Mas quero focar hoje na luta do José Aldo, que surpreendeu todo mundo ao ser nocauteado em apenas 13 segundos de luta. Nas redes sociais, o que vi foi uma enorme critica ao nosso campeão, o que em certa medida é normal. As pessoas ficaram decepcionadas, não foi o show que gostaríamos e o desejo de todos era ver o José Aldo dando uma surra no McGregor.

Jose Aldo é um ídolo, e por uma derrota ele não deixa de ser um grande campeão, pelo menos no meu ponto de vista. Acho que assisti à luta umas 200 vezes, e o que me pareceu claro foi que nosso campeão entrou no tatame com muita raiva. Talvez não o tenha afetado durante a luta, nem tenha sido o motivo de sua derrota, mas certamente vinha afetando-o antes. Quem tem raiva não tem concentração, não consegue fazer uma avaliação objetiva da situação, tomar decisões precisas, pesando prós e contras. Em qualquer esporte, isso é fatal!

Com a intensidade dos treinos e o foco voltado para a técnica, geralmente a parte mental fica em segundo plano. Não tenho nada contra a blindagem que os técnicos fazem com seus atletas, principalmente com os de grande expressão na mídia, mas em minha opinião isso transfere a eles uma sensação de onipotência perigosa, porque também cria uma sensação encoberta: o medo de perder o destaque conquistado, e com ele os patrocínios, os fãs…e arcar com as críticas.

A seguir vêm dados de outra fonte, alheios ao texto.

//! Rows one behind another in one list.
ghost use Rattle.std.specs.Prelude.{◌≡◌, ◌<◌, ◌≤◌, ◌-◌, ◌++◌, ◌∷◌, [], Some, length, take, drop};
ghost use Rattle.std.specs.Prelude.{slice_get, map, IfOk, OnOk};
ghost use Rattle.rule_universe.specs.Flat.{rows_in, IsFlat};

use std::alloc::{AllocError, Global};
use std::marker::Model;

/// A list of rows, whose elements stand one behind another in one list. So it takes two blocks of
/// memory, however many rows there are.
#[derive(Drop)]
pub struct FlatRows<T> {
    // Where each row begins among the elements, and where the last one ends.
    starts: Vec<u32>,
    items: Vec<T>,
}

impl<T> Model for FlatRows<T> {
    ghost use Rattle.std.specs.Prelude.{List, length};
    ghost use Rattle.std.specs.Coded.{coded_list};
    ghost use Rattle.rule_universe.specs.Flat.{rows_in, IsFlat};

    ghost Value = { List (List T) };

    ghost coded = { coded_list (coded_list T.code) };

    ghost view = { λ rows. rows_in rows.items.items rows.starts.items };

    ghost invariant = { λ rows. IsFlat (length rows.items.items) rows.starts.items };
}

// The elements from one number up to another.
fn part<T>(items: &[T], start: usize, end: usize) -> &[T]
    requires order { start ≤ end }
    requires within { end ≤ length items.now }
    ensures { result.now ≡ take (end - start) (drop start items.now) }
{
    &items[start..end]
}

impl<T> FlatRows<T> {
    /// The rows of these elements that begin at these numbers, of which the last is where the last
    /// row ends.
    pub fn from_parts(starts: Vec<u32>, items: Vec<T>) -> FlatRows<T>
        requires { IsFlat (length items.items) starts.items }
        ensures { result ≡ rows_in items.items starts.items }
    {
        FlatRows { starts, items }
    }

    /// How many rows there are.
    pub fn len(&self) -> usize
        ensures { result ≡ length self.now }
    {
        self.starts.len() - 1
    }

    /// The row with this number, from 0.
    pub fn row(&self, k: usize) -> &[T]
        requires { k < length self.now }
        ensures { slice_get self.now k ≡ Some result.now }
    {
        let start = self.starts[k] as usize;
        let end = self.starts[k + 1] as usize;
        part(&self.items, start, end)
    }
}

/// Ends a row behind `count` elements in all. It fails past 2^32 - 1 elements or without memory.
pub fn end_row(starts: &mut Vec<u32>, count: usize) -> Result<(), AllocError>
    ensures { OnOk result (starts.new.items ≡ starts.old.items ++ count ∷ []) }
{
    if count > u32::MAX as usize {
        return Err(AllocError);
    }
    starts.push(count as u32)?;
    Ok(())
}

/// The same rows, one behind another.
pub fn flat_rows(alloc: Global, rows: &[Vec<u32>]) -> Result<FlatRows<u32>, AllocError>
    ensures { IfOk result (λ flat. flat ≡ map (λ row. row.items) rows.now) }
{
    let mut starts = Vec::new(alloc);
    let mut items = Vec::new(alloc);
    starts.push(0)?;
    for row in rows {
        items.extend_from_slice(row.as_slice())?;
        end_row(&mut starts, items.len())?;
    }
    Ok(FlatRows::from_parts(starts, items))
}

A neurociência já demonstrou que o cérebro está sempre no comando. Muitas vezes, em ambientes hostis, ele [o cérebro] sabe que algo não está certo mesmo antes do sentimento se tornar consciente. Ou seja, em muitos atletas esse medo está tão bem escondido, camuflado, encoberto, que nem ele consegue detectar essa angústia, que pode e vai se manifestar de alguma forma, sempre prejudicial.

Por isso, o trabalho mental para o atleta é fundamental e a grande mudança que temos que ter em nosso esporte é dar um espaço maior para a psicologia e para outros profissionais, juntando forças e conhecimentos para ajudar ao atleta em todas as suas necessidades.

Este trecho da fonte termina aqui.